The Iceberg catalog is the metadata backbone of your lakehouse. It tracks table locations, manages schema versions, handles concurrent writes, and determines which query engines can access your data. Pick the wrong one and you face migration headaches, vendor lock-in, or operational complexity that slows your team down.

In this guide, we compare the four most widely adopted Iceberg catalog options: Hive Metastore, AWS Glue, REST Catalog, and Project Nessie. We evaluate each across features, scalability, cloud support, and streaming compatibility so you can make an informed choice. We also cover how RisingWave's hosted Iceberg catalog fits into this landscape for teams that want a managed streaming lakehouse experience.

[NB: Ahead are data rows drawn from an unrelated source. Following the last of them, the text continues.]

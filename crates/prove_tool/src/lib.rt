//! The proof that nothing of a file of Viper or of Boogie fails, as a program makes it: from the words of a call to what it writes and how it ends.
//!
//! What a call promises is the contract of `tool`. A program connects it to its files and streams.
#![tactic(auto)]

mod checking;
mod command;
mod language;
pub mod laws;
mod lines;
mod reading;
mod refusal;
mod searching;
mod status;
mod streams;
mod subject;
mod words;

pub use command::tool;
pub use refusal::ProveRefusal;
pub use status::ProveStatus;
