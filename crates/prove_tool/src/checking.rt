// What the certificates of another file show of the units of a file.
ghost use Rattle.std.specs.Prelude.{◌≡◌, ◌≤◌, IfErr, IfOk};
ghost use Rattle.vb_outer.specs.Shelf.{IsWhole};
ghost use Rattle.prove_tool.specs.Call.{StopsAtCheck};
ghost use Rattle.prove_tool.specs.Parts.{AreAnswers, IsSound, StopsAtCertificates, StopsAtSections, subject_of};
ghost use Rattle.prove_tool.specs.Written.{AreAnswersOf, IsThere};

use crate::language::Language;
use crate::reading::program_of_file;
use crate::refusal::ProveRefusal;
use crate::status::{ProveStatus, of_certificates};
use crate::subject::Subject;
use std::alloc::Global;
use unit_proof::{Rest, Sections, UnitAnswer};
use vb_outer::Shelf;

/// Each section was taken by a unit.
fn all_taken<H: Shelf>(
    alloc: Global,
    shelf: &mut H,
    sections: &mut Sections,
) -> Result<(), ProveStatus>
    ensures stops { IfErr result (StopsAtSections (H.faults shelf.old) (H.faults shelf.new)) }
    ensures later { H.faults shelf.old ≤ H.faults shelf.new }
    ensures files { H.files shelf.new ≡ H.files shelf.old }
{
    match sections.rest(alloc, shelf) {
        Ok(Rest::Nothing) => Ok(()),
        Ok(Rest::Untaken(line)) => Err(ProveStatus::Refused(ProveRefusal::Certificate(line))),
        Ok(Rest::Long) => Err(ProveStatus::Refused(ProveRefusal::CertificateSize)),
        Err(fault) => Err(of_certificates(fault)),
    }
}

/// What the certificates of the file that is begun show of the units of a program.
fn answers_by_sections<H: Shelf>(
    alloc: Global,
    shelf: &mut H,
    program: &Subject,
) -> Result<Vec<UnitAnswer>, ProveStatus>
    requires { IsSound (subject_of program.now) }
    ensures answered { IfOk result (λ answers. AreAnswers (subject_of program.now) answers.items) }
    ensures stops { IfErr result (StopsAtSections (H.faults shelf.old) (H.faults shelf.new)) }
    ensures later { H.faults shelf.old ≤ H.faults shelf.new }
    ensures files { H.files shelf.new ≡ H.files shelf.old }
{
    let mut sections = Sections::new(alloc);
    match program.answers(alloc, shelf, &mut sections) {
        Ok(answers) => match all_taken(alloc, shelf, &mut sections) {
            Ok(()) => Ok(answers),
            Err(status) => Err(status),
        },
        Err(fault) => Err(of_certificates(fault)),
    }
}

/// Reads a file of certificates, and tells what these show of the units of a program.
fn answers_by_file<H: Shelf>(
    alloc: Global,
    shelf: &mut H,
    program: &Subject,
    certificates: &str,
) -> Result<Vec<UnitAnswer>, ProveStatus>
    requires { IsSound (subject_of program.now) }
    ensures answered { IfOk result (λ answers. AreAnswers (subject_of program.now) answers.items × IsThere (IsWhole (H.files shelf.old)) certificates.now) }
    ensures stops { IfErr result (StopsAtCertificates (H.files shelf.old) certificates.now (H.faults shelf.old) (H.faults shelf.new)) }
    ensures later { H.faults shelf.old ≤ H.faults shelf.new }
    ensures files { H.files shelf.new ≡ H.files shelf.old }
{
    match shelf.begin(certificates) {
        Ok(()) => answers_by_sections(alloc, shelf, program),
        Err(_) => Err(ProveStatus::ReadFault),
    }
}

/// Reads a file of the language and one of certificates, and tells what these show of its units.
pub fn checked<H: Shelf>(
    alloc: Global,
    shelf: &mut H,
    language: Language,
    file: &str,
    certificates: &str,
) -> Result<Vec<UnitAnswer>, ProveStatus>
    ensures answered { IfOk result (λ answers. AreAnswersOf (IsWhole (H.files shelf.old)) language file.now answers.items × IsThere (IsWhole (H.files shelf.old)) certificates.now) }
    ensures stops { IfErr result (StopsAtCheck (H.files shelf.old) language file.now certificates.now (H.faults shelf.old) (H.faults shelf.new)) }
    ensures files { H.files shelf.new ≡ H.files shelf.old }
{
    match program_of_file(alloc, shelf, language, file) {
        Ok(program) => answers_by_file(alloc, shelf, &program, certificates),
        Err(status) => Err(status),
    }
}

What Does an Iceberg Catalog Actually Do?

An Iceberg catalog is a service that maps table names to their current metadata locations. Every Iceberg table has a metadata pointer, a file in object storage that describes the table's schema, partition spec, sort order, and the list of data files (via manifest lists and manifests). The catalog's job is to manage that pointer.

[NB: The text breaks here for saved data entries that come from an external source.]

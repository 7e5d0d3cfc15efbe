//! Worked examples: a procedure that counts up to its parameter, with an invariant that holds its return below the parameter, and
//! with one that only holds it below eight.

ghost use Rattle.std.specs.Prelude.{◌≡◌, [], ◌∷◌};
ghost use Rattle.vb_value.specs.Bound.{Bounded};
ghost use Rattle.boogie_meaning.specs.Programs.{brun_proc};
ghost use Rattle.boogie_meaning.specs.Run.{Done, Stops, Failed, Blocked};
ghost use Rattle.boogie_loops.specs.Turning.{Goes, Spent, wrun_proc};
ghost use Rattle.boogie_cut.specs.Sum.{Labels, sum, body, written, at_most_n, at_most_seven, values, choice};

/// With five as the parameter, and as the value of the return at the last head of the loop, the procedure ends as it should.
pub fn a_loop_is_left_at_its_last_head()
    ensures { (labels : Labels) → brun_proc Bounded (written labels at_most_n) (values 5 0) (choice 5) ≡ Done (values 5 5) [] }
{}

/// A turn from a head at which the invariant holds ends where it does not.
pub fn an_invariant_is_not_kept_by_a_turn()
    ensures { (labels : Labels) → brun_proc Bounded (written labels at_most_seven) (values 9 0) (choice 7) ≡ Stops (Failed labels.head) [] }
{}

/// A weak invariant lets the loop end with other values than a run of its turns does: five turns lead to five, and four are too
/// few.
pub fn a_weak_invariant_allows_what_no_turns_lead_to()
    ensures written { (labels : Labels) → brun_proc Bounded (written labels at_most_seven) (values 5 0) (choice 7) ≡ Stops (Failed labels.after) [] }
    ensures turns { (labels : Labels) → wrun_proc (sum labels at_most_seven ∷ []) Bounded (sum labels at_most_seven) (body labels at_most_seven) (values 5 0) [] 5 ≡ Goes (values 5 5) [] 0 }
    ensures too_few { (labels : Labels) → wrun_proc (sum labels at_most_seven ∷ []) Bounded (sum labels at_most_seven) (body labels at_most_seven) (values 5 0) [] 4 ≡ Spent [] }
{}

/// A value at which the invariant does not hold is not one of a head.
pub fn a_value_without_the_invariant_is_blocked()
    ensures { (labels : Labels) → brun_proc Bounded (written labels at_most_seven) (values 9 0) (choice 8) ≡ Stops Blocked [] }
{}
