// Rows of statements of one kind.
ghost use Rattle.std.specs.Prelude.{◌≡◌, OnOk, IfOk, ◌+◌};
ghost use Rattle.boogie_tree.specs.Whole.{exprs_of, stmts_of};
ghost use Rattle.boogie_cut.specs.Cut as c;
ghost use Rattle.boogie_cut.specs.View.{clauses_of, number_by};

use crate::copies::{Renumbering, copy, copy_by};
use boogie_loops::Clause;
use boogie_tree::{BExpr, BStmt};
use std::alloc::Global;
use vb_base::Memory;

pub(crate) fn write_asserts(
    alloc: Global,
    names: Renumbering<'_>,
    clauses: &[Clause],
    out: &mut Vec<BStmt>,
) -> Result<(), Memory>
    ensures { OnOk result (stmts_of out.new.items ≡ c.join (stmts_of out.old.items) (c.asserts (c.renamed_clauses (number_by names.entry) (clauses_of clauses.now)))) }
{
    for clause in clauses {
        let e = copy_by(alloc, names, &clause.e)?;
        out.push(BStmt::Assert(clause.label, e))?;
    }
    Ok(())
}

pub(crate) fn write_assumes(
    alloc: Global,
    names: Renumbering<'_>,
    clauses: &[Clause],
    out: &mut Vec<BStmt>,
) -> Result<(), Memory>
    ensures { OnOk result (stmts_of out.new.items ≡ c.join (stmts_of out.old.items) (c.assumes (c.renamed_clauses (number_by names.entry) (clauses_of clauses.now)))) }
{
    for clause in clauses {
        let e = copy_by(alloc, names, &clause.e)?;
        out.push(BStmt::Assume(e))?;
    }
    Ok(())
}

pub(crate) fn write_havocs(locals: &[usize], out: &mut Vec<BStmt>) -> Result<(), Memory>
    ensures { OnOk result (stmts_of out.new.items ≡ c.join (stmts_of out.old.items) (c.havocs locals.now)) }
{
    for local in locals {
        out.push(BStmt::Havoc(*local))?;
    }
    Ok(())
}

/// The number of the local behind so many. There is no memory for more locals than a number can count.
pub(crate) fn behind(before: usize, locals: usize) -> Result<usize, Memory>
    ensures { IfOk result (λ n. n ≡ before + locals) }
{
    before.checked_add(locals).ok_or(Memory)
}

/// The variables from n on get the values of the arguments.
pub(crate) fn write_assigns(
    alloc: Global,
    n: usize,
    arguments: &[BExpr],
    out: &mut Vec<BStmt>,
) -> Result<(), Memory>
    ensures { OnOk result (stmts_of out.new.items ≡ c.join (stmts_of out.old.items) (c.assigns n (exprs_of arguments.now))) }
{
    let mut local = n;
    for argument in arguments {
        let e = copy(alloc, argument)?;
        out.push(BStmt::Assign(local, e))?;
        local = behind(local, 1)?;
    }
    Ok(())
}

When a writer commits new data, the catalog atomically updates the metadata pointer. When a reader queries a table, the catalog resolves the table name to the latest metadata file. This indirection is what gives Iceberg its key properties: ACID transactions, schema evolution, and time travel.

The choice of catalog affects three critical dimensions:

  • Concurrency and consistency: How does the catalog handle simultaneous writers? Does it support optimistic concurrency control?
  • Multi-engine compatibility: Can Spark, Trino, Flink, RisingWave, and other engines all use the same catalog?
  • Operational overhead: Do you need to deploy and manage infrastructure, or is the catalog fully managed?

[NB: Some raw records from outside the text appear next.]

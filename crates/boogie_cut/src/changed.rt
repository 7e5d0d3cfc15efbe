// What statements change.
ghost use Rattle.std.specs.Prelude.{◌≡◌, ◌++◌, ℕ, nat_lt, IfOk, OnOk, Contains};
ghost use Rattle.std.specs.List.{filter, range_with_len};
ghost use Rattle.std.specs.List.Sorted.{IsStrictlyIncreasing};
ghost use Rattle.boogie_loops.specs.Changed.{changes};
ghost use Rattle.boogie_loops.specs.View.{wstmt_of, wstmts_of};
ghost use Rattle.boogie_cut.specs.View.{changed_by, changed_by_stmt};

use boogie_loops::WStmt;
use std::alloc::Global;
use vb_base::Memory;

/// Adds what the statement changes.
#[cycle(adding)]
fn add_stmt(stmt: &WStmt, changed: &mut Vec<usize>) -> Result<(), Memory>
    ensures { OnOk result (changed.new.items ≡ changed.old.items ++ changed_by_stmt (wstmt_of stmt.now)) }
{
    match stmt {
        WStmt::Assign(local, _) | WStmt::Put(local, _, _) | WStmt::Havoc(local) => {
            Ok(changed.push(*local)?)
        }
        WStmt::If(_, first, second) | WStmt::Either(first, second) => {
            add_block(first, changed)?;
            add_block(second, changed)
        }
        WStmt::While(_, _, body) => add_block(body, changed),
        WStmt::Call(targets, _, _) => Ok(changed.extend_from_slice(targets)?),
        WStmt::Assume(_) | WStmt::Assert(..) => Ok(()),
    }
}

/// Adds what the statements of a block change.
#[cycle(adding)]
fn add_block(stmts: &[WStmt], changed: &mut Vec<usize>) -> Result<(), Memory>
    ensures { OnOk result (changed.new.items ≡ changed.old.items ++ changed_by (wstmts_of stmts.now)) }
{
    for stmt in stmts {
        add_stmt(stmt, changed)?;
    }
    Ok(())
}

/// The numbers below n.
fn below(alloc: Global, n: usize, numbers: &[usize]) -> Result<Vec<usize>, Memory>
    ensures { IfOk result (λ is. is.items ≡ filter (λ i. nat_lt i n) numbers.now) }
{
    let mut below = Vec::new(alloc);
    for number in numbers {
        if *number < n {
            below.push(*number)?;
        }
    }
    Ok(below)
}

/// Puts the numbers in order, each once.
fn sort_unique(numbers: &mut Vec<usize>)
    ensures rises { IsStrictlyIncreasing numbers.new.items }
    ensures keeps { (x : ℕ) → Contains numbers.old.items x → Contains numbers.new.items x }
    ensures adds_none { (x : ℕ) → Contains numbers.new.items x → Contains numbers.old.items x }
{
    numbers.sort_unstable();
    numbers.dedup();
}

/// The first n variables that a body changes.
pub(crate) fn targets(alloc: Global, n: usize, body: &[WStmt]) -> Result<Vec<usize>, Memory>
    ensures { IfOk result (λ is. is.items ≡ filter (changes (wstmts_of body.now)) (range_with_len 0 n)) }
{
    let mut changed = Vec::new(alloc);
    add_block(body, &mut changed)?;
    let mut targets = below(alloc, n, &changed)?;
    sort_unique(&mut targets);
    Ok(targets)
}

How Does Hive Metastore Work as an Iceberg Catalog?

Hive Metastore (HMS) is the oldest and most widely deployed option. Originally built for Hive tables, it was extended to support Iceberg through a HiveCatalog implementation that stores Iceberg metadata pointers in the HMS database.

Strengths

  • Broad ecosystem compatibility: Nearly every data processing engine supports HMS. Spark, Trino, Flink, Hive, and Impala all integrate out of the box.
  • Mature and battle-tested: HMS has been in production at thousands of organizations for over a decade. The operational patterns are well understood.
  • On-premises friendly: If your data stays in your own data centers, HMS runs on any infrastructure you control.

Limitations

  • Single-table transactions: The HMS API handles commits one table at a time. You cannot atomically commit changes across multiple tables, which limits advanced data pipeline patterns.
  • Infrastructure overhead: HMS requires a relational database (typically MySQL or PostgreSQL) and a Thrift service. You need to manage availability, backups, and upgrades.
  • No built-in versioning: HMS has no concept of branches or tags. You cannot create isolated environments for testing schema changes before promoting them to production.
  • Scaling bottlenecks: As the number of tables and partitions grows, the backing database becomes a bottleneck. Organizations with tens of thousands of tables often hit performance limits.

Best for

Teams with existing Hadoop or Hive infrastructure who need broad engine compatibility and are comfortable managing the underlying services.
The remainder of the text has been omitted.